Survivability for prostate cancer is really good so the odds favor the idea that he lives. But anytime you increase the probability of dying by just a little bit it causes problems.
 
I don't think he's a postpone...I think he's a decline.

If he just finished treatment and applied, insurance companies may say postpone since not enough time has passed since treatment....but on this one there is no treatment or treatment plan, that's why I think he will be declined.
 
Personally I would do a trial app through one of my brokerages that has the majority of the companies I would quote him with. After sending the staff underwriter an in depth cancer questionnaire and APS if I had it. That way the underwriter could shop it without affecting the MIB.

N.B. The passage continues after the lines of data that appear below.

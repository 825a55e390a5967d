//! One task: the code that it runs, what it asks for, and how it goes on after an answer; all tasks of a run, and its report.
#![tactic(auto)]

mod act;
mod answers;
mod kept;
mod operators;
mod places;
mod report;
mod requests;
mod running;
mod slots;
mod task;
mod tasks;
mod values;

pub use kept::{EndedTask, Slot, has_ended, move_on, moves_alone, step_on};
pub use report::{Outcome, Report, Waiting};
pub use task::Task;
pub use tasks::Tasks;
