ghost use Rattle.std.specs.Prelude.{◌≡◌, option_map};
ghost use Rattle.fst_machine.specs.Values.{bool, char, int, operated};
ghost use Rattle.fst_vm.specs.Scalars.{scalar_at};

use fst_terms::Op;
use fst_value::Form;

// What a sign gives for two numbers.
fn with_numbers(op: Op, m: i64, n: i64) -> Option<Form>
    ensures { option_map scalar_at result ≡ operated op (int m) (int n) }
{
    let order = m.cmp(&n);
    match op {
        Op::Add => Some(Form::Int(m.wrapping_add(n))),
        Op::Subtract => Some(Form::Int(m.wrapping_sub(n))),
        Op::Multiply => Some(Form::Int(m.wrapping_mul(n))),
        Op::Equal => Some(Form::Bool(order.is_eq())),
        Op::Unequal => Some(Form::Bool(order.is_ne())),
        Op::Less => Some(Form::Bool(order.is_lt())),
        Op::AtMost => Some(Form::Bool(order.is_le())),
        Op::Greater => Some(Form::Bool(order.is_gt())),
        Op::AtLeast => Some(Form::Bool(order.is_ge())),
        Op::And | Op::Or => None,
    }
}

// What it gives for two characters.
fn with_characters(op: Op, c: char, d: char) -> Option<Form>
    ensures { option_map scalar_at result ≡ operated op (char c) (char d) }
{
    let order = c.cmp(&d);
    match op {
        Op::Equal => Some(Form::Bool(order.is_eq())),
        Op::Unequal => Some(Form::Bool(order.is_ne())),
        Op::Less => Some(Form::Bool(order.is_lt())),
        Op::AtMost => Some(Form::Bool(order.is_le())),
        Op::Greater => Some(Form::Bool(order.is_gt())),
        Op::AtLeast => Some(Form::Bool(order.is_ge())),
        Op::Add | Op::Subtract | Op::Multiply | Op::And | Op::Or => None,
    }
}

// What it gives for two truth values.
fn with_truths(op: Op, a: bool, b: bool) -> Option<Form>
    ensures { option_map scalar_at result ≡ operated op (bool a) (bool b) }
{
    match op {
        Op::And => Some(Form::Bool(a && b)),
        Op::Or => Some(Form::Bool(a || b)),
        Op::Add | Op::Subtract | Op::Multiply => None,
        Op::Equal | Op::Unequal | Op::Less | Op::AtMost | Op::Greater | Op::AtLeast => None,
    }
}

/// What a sign gives for two values of base types, if they are of its kind.
pub(crate) fn operated(op: Op, left: Form, right: Form) -> Option<Form>
    ensures { option_map scalar_at result ≡ operated op (scalar_at left) (scalar_at right) }
{
    match (left, right) {
        (Form::Int(m), Form::Int(n)) => with_numbers(op, m, n),
        (Form::Char(c), Form::Char(d)) => with_characters(op, c, d),
        (Form::Bool(a), Form::Bool(b)) => with_truths(op, a, b),
        _ => None,
    }
}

As a side note, I would a a frank conversation with this client about the need for permanent coverage.
 
"He'd like to get $125k of coverage for mortgage protection purposes"

Before you kill yourself trying to find a solution for this case, get a commitment on what's he's willing to pay for premiums... You could do a ton of footwork, find him the best deal for his condition on the planet and him look at the premium and say "that's too much" .

Been there, done that, actually done that more than once, should have known better, but I want to help people.

I would be asking if he has coverage now? If so, see if it converts.

Trust me, I have a stack of people like this who simply didn't like the price their health created. Best of luck, but find out how committed the prospect is before you spend a whole bunch of time on it.
 
I base my comments on experience but would love to be proven wrong as I write a lot of prostate cancer life cases each year.

As much as I would've loved to prove you wrong and get this client an approval... I wanted to update my findings on this case. I heard from a couple carriers after submitting medical reports to the underwriters -- one was a straight 'no thank you', while the other told me that if his Gleason score was a 4 instead of a 6, they would have considered. They said his age (57) and stage (T1c) were considerations contributing to the whole picture, but if his Gleason was lower... oh well. I'll looking into the LifeAgain/symetra program, along with Kemper GI for him as a permanent option.

Would I be correct in assuming you write the LifeAgain policies? If so, do they appoint directly with agents and what are commissions like?